Avec ces nou­veaux plan­nings de douze semaines modi­fiables sans leur accord, les agents vont « perdre la main­mise sur [leur] vie pri­vée », s’in­quiète Franck Coco­lon. « Les temps de pause et les repos ne seront plus res­pec­tés, les congés ne seront pas pris quand nous en avons besoin mais quand nous pour­rons les prendre… » Résul­tat des courses, des soi­gnants « encore plus fati­gués » donc des soins poten­tiel­le­ment de moins bonne qua­li­té et in fine, des patients qui risquent de payer les pots cas­sés.

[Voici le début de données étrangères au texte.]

//! What an archive is asked for, a page at a time.

ghost use Rattle.std.specs.Prelude.{◌≡◌, MatchResult};
ghost use Rattle.archive.specs.Reading.{place_of};
ghost use Rattle.archive.specs.Store.{IsAskedWithin};
ghost use Rattle.history_report.specs.Paging.{IsBehind, place_behind, values_left, changes_left, Offers, GivesPage, Fails};

use crate::report::Report;
use crate::span::Span;
use archive::{Archive, Direction, LogPlace, StoreFault};
use records::{Entry, Held};
use stamp::{Stamp, Vector};
use std::alloc::Global;

/// The most items of a page.
const MOST: usize = 8;

/// What is still to come of a node's history.
#[derive(Debug, Drop)]
pub(crate) struct Pages {
    /// The records that are shown.
    pub(crate) within: Vector,
    /// The moments that are still to come.
    pub(crate) span: Span,
    /// The place behind which modifications are still to come.
    pub(crate) after: Option<LogPlace>,
}

/// The moments of a span that are behind the last of some live values, where there is one.
pub(crate) fn span_behind(span: Span, rows: &[Held]) -> Span
    ensures { IsBehind rows.now span.from span.to result.from result.to }
{
    match rows.last() {
        Some(last) => span.behind(last.time),
        None => span,
    }
}

/// The first live values that are still to come, and stay so; none where nothing is.
pub(crate) fn first_values<A: Archive>(
    alloc: Global,
    archive: &mut A,
    report: &Report,
    pages: &Pages,
) -> Result<Vec<Held>, StoreFault>
    ensures offers { MatchResult result
        (λ page. Offers (A.state archive.old) (A.state archive.new) page.items
        (values_left report.now.node pages.now))
        (λ why. Fails (A.state archive.old) (A.state archive.new) why) }
    ensures asked { IsAskedWithin 8 (A.asked archive.old) (A.asked archive.new) }
{
    let Span { from, to } = pages.span;
    let way = Direction::Forward;
    archive.range(alloc, &report.node, from, to, way, MOST, &pages.within)
}

/// The next page of live values; an empty one is the last.
pub(crate) fn next_values<A: Archive>(
    alloc: Global,
    archive: &mut A,
    report: &Report,
    pages: &mut Pages,
) -> Result<Vec<Held>, StoreFault>
    ensures pages { MatchResult result
        (λ page. GivesPage (A.state archive.old) (A.state archive.new) page.items
        (values_left report.now.node pages.new) (values_left report.now.node pages.old))
        (λ why. Fails (A.state archive.old) (A.state archive.new) why) }
    ensures same { pages.new.within ≡ pages.old.within }
    ensures asked { IsAskedWithin 8 (A.asked archive.old) (A.asked archive.new) }
{
    let page = match first_values(alloc, archive, report, pages) {
        Ok(page) => page,
        Err(fault) => return Err(fault),
    };
    pages.span = span_behind(pages.span, page.as_slice());
    Ok(page)
}

/// The place of a modification.
fn place_of(entry: &Entry) -> LogPlace
    ensures { result ≡ place_of entry.now }
{
    LogPlace {
        time: entry.time,
        stamp: Stamp {
            tick: entry.tick,
            origin: entry.origin,
        },
    }
}

/// What is still to come is behind the last of some modifications, where there is one.
pub(crate) fn go_behind(pages: &mut Pages, rows: &[Entry])
    ensures { pages.new ≡ record pages.old { after = place_behind pages.old.after rows.now } }
{
    match rows.last() {
        Some(last) => pages.after = Some(place_of(last)),
        None => {}
    }
}

/// The first modifications that are still to come, and stay so; none where nothing is.
pub(crate) fn first_changes<A: Archive>(
    alloc: Global,
    archive: &mut A,
    report: &Report,
    pages: &Pages,
) -> Result<Vec<Entry>, StoreFault>
    ensures offers { MatchResult result
        (λ page. Offers (A.state archive.old) (A.state archive.new) page.items
        (changes_left report.now.node pages.now))
        (λ why. Fails (A.state archive.old) (A.state archive.new) why) }
    ensures asked { IsAskedWithin 8 (A.asked archive.old) (A.asked archive.new) }
{
    let Span { from, to } = pages.span;
    let (after, way) = (pages.after, Direction::Forward);
    archive.log(
        alloc,
        &report.node,
        from,
        to,
        after,
        way,
        MOST,
        &pages.within,
    )
}

/// The next page of modifications; an empty one is the last.
pub(crate) fn next_changes<A: Archive>(
    alloc: Global,
    archive: &mut A,
    report: &Report,
    pages: &mut Pages,
) -> Result<Vec<Entry>, StoreFault>
    ensures pages { MatchResult result
        (λ page. GivesPage (A.state archive.old) (A.state archive.new) page.items
        (changes_left report.now.node pages.new) (changes_left report.now.node pages.old))
        (λ why. Fails (A.state archive.old) (A.state archive.new) why) }
    ensures same { pages.new.within ≡ pages.old.within }
    ensures asked { IsAskedWithin 8 (A.asked archive.old) (A.asked archive.new) }
{
    let page = match first_changes(alloc, archive, report, pages) {
        Ok(page) => page,
        Err(fault) => return Err(fault),
    };
    go_behind(pages, page.as_slice());
    Ok(page)
}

Manque de reconnaissance et d’attractivité

Pour cou­ron­ner le tout, les rému­né­ra­tions sont loin d’être à la hau­teur, pour l’é­cra­sante majo­ri­té des agents hos­pi­ta­liers. Exemple par­mi d’autres, Cyn­thia, ouvrière pro­fes­sion­nelle (OP) à la sté­ri­li­sa­tion du CHUGA, « gagne entre 1700 et 1800 euros par mois, avec treize ans d’an­cien­ne­té ». Des grilles de salaire et un « manque de recon­nais­sance » qui expliquent en grande par­tie l’at­trac­ti­vi­té insuf­fi­sante des métiers, selon la soi­gnante, en grève en juin der­nier comme l’en­semble de son équipe.

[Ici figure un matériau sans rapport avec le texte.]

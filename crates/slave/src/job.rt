// One output. Every place for a record is reserved before the calls of the turn that may need it.
ghost use Rattle.std.specs.Prelude.{◌≡◌, ◌+◌, ◌-◌, ◌≤◌, ◌<◌, ◌∷◌, ◌++◌, ◌⊎◌, [], true, false, ◌^◌, ℕ, Some, None, IsSome, List, Option, length, IfOk, IfErr, string_bytes};
ghost use Rattle.fifo_core.specs.State.{Shows, hand_of, next_of};
ghost use Rattle.fifo_core.specs.History.{History, answered_done, action_of, flush_of, mode_of, mode_is_live, mode_is_dead};
ghost use Rattle.fifo_core.specs.declared.types.FifoOptions.{FifoOptions};
ghost use Rattle.fifo_core.specs.declared.types.PacketFacts.{PacketFacts};
ghost use Rattle.rmx_edge.specs.Counted.{with_count, inner, bytes_of};
ghost use Rattle.rmx_media.specs.Streams.{CanMux};
ghost use Rattle.rmx_media.specs.declared.packet.Format.{Format};
ghost use Rattle.rmx_media.specs.declared.packet.Packet.{Packet};
ghost use Rattle.rmx_media.specs.declared.streams.MuxStreams.{MuxStreams};
ghost use Rattle.playlist.specs.declared.seg_options.SegOptions.{SegOptions};
ghost use Rattle.slave.specs.Calls.{IsBuilt};
ghost use Rattle.slave.specs.Origin.{Origin, facts_of, session_name as session_in_name};
ghost use Rattle.slave.specs.Given.{Given, Sent, Swept, end_from};
ghost use Rattle.slave.specs.Runs.{Joins};
ghost use Rattle.slave.specs.Job.{ClosesLast, WriterAfter};
ghost use Rattle.slave.specs.Watched.{inner as watched};
ghost use Rattle.fifo_core.specs.declared.types.Answer.TheVariants as answer;

use crate::kit::SlaveKit;
use crate::mux::Mux;
use crate::name::session_name;
use crate::places::Places;
use crate::records::{FaultAt, FaultNote, LaneNote, Run, SessionNote};
use crate::runs::{add_fate, joins};
use crate::watched::Watched;
use arrayvec::ArrayString;
use fifo_core::{Action, After, Answer, EndState, Fate, FifoOptions, FifoState, PacketFacts};
use playlist::SegOptions;
use rmx_edge::{Counted, Shelf, ShelfFault};
use rmx_media::{Format, Items, MuxStreams, NoMemory, Packet, is_restart};
use std::alloc::Global;

/// An output: its muxer and its shelf, the fate machine, and what is recorded of both.
#[derive(Drop)]
pub struct SlaveJob<S: Shelf> {
    shelf: Watched<Counted<S>>,
    name: String,
    video: Option<u32>,
    mux: Mux,
    fifo: FifoState,
    runs: Places<Run>,
    sessions: Places<SessionNote>,
    faults: Places<FaultNote>,
}

/// What an output tells of its run.
#[derive(Drop)]
pub struct SlaveEnd<S> {
    pub shelf: S,
    /// The fates of its packets, in order.
    pub fates: Items<Run>,
    /// Its sessions, numbered from 0.
    pub sessions: Items<SessionNote>,
    /// The faults of its shelf, in order.
    pub faults: Items<FaultNote>,
    pub state: EndState,
    /// Whether it was to have a thread and had none.
    pub inline: bool,
    /// Its queue, if it had one.
    pub lane: Option<LaneNote>,
    /// The bytes of all accepted writes, at most 2^64 - 1.
    pub bytes: u64,
}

En outre, indique Damien Bagnis, « dans l’hô­pi­tal public, nous avons une taxe sur les salaires de 10 % qui est rever­sée direc­te­ment à l’É­tat et qui ne va pas à la Sécu, mais aux impôts. Dans un éta­blis­se­ment comme le CHU, avec des bud­gets de plu­sieurs mil­lions d’eu­ros, ima­gi­nez les 10 % qui repartent direc­te­ment dans les poches de l’É­tat, alors qu’en fait cet argent devrait reve­nir à l’hô­pi­tal pour embau­cher et aug­men­ter les trai­te­ments des agents. » Le secré­taire géné­ral de l’USD CGT 38 rap­pelle ain­si que « l’in­dice est blo­qué depuis des années et gelé. En fait, on devient des tra­vailleurs pauvres », observe-t-il.

Des moyens face au changement climatique

À l’oc­ca­sion de cette mobi­li­sa­tion du 15 sep­tembre et des pro­chaines à venir — notam­ment le 29 sep­tembre pour toute la fonc­tion publique en inter­syn­di­cale -, la CGT réitère ses reven­di­ca­tions. À savoir (liste non exhaus­tive) l’aug­men­ta­tion géné­rale des salaires et des pen­sions et leur indexa­tion sur l’inflation, la for­ma­tion et l’embauche de per­son­nels, l’arrêt des fer­me­tures de lits et de ser­vices et la réou­ver­ture de tous les lits fer­més (80 000 lits depuis 2003, envi­ron 45 000 sous la pré­si­dence de Macron), la prise en charge des soins par le 100 % Sécu… Sans oublier de véri­tables moyens pour faire face au chan­ge­ment cli­ma­tique.

Les soi­gnants ont écou­té les prises de parole suc­ces­sives sous une cha­leur cani­cu­laire.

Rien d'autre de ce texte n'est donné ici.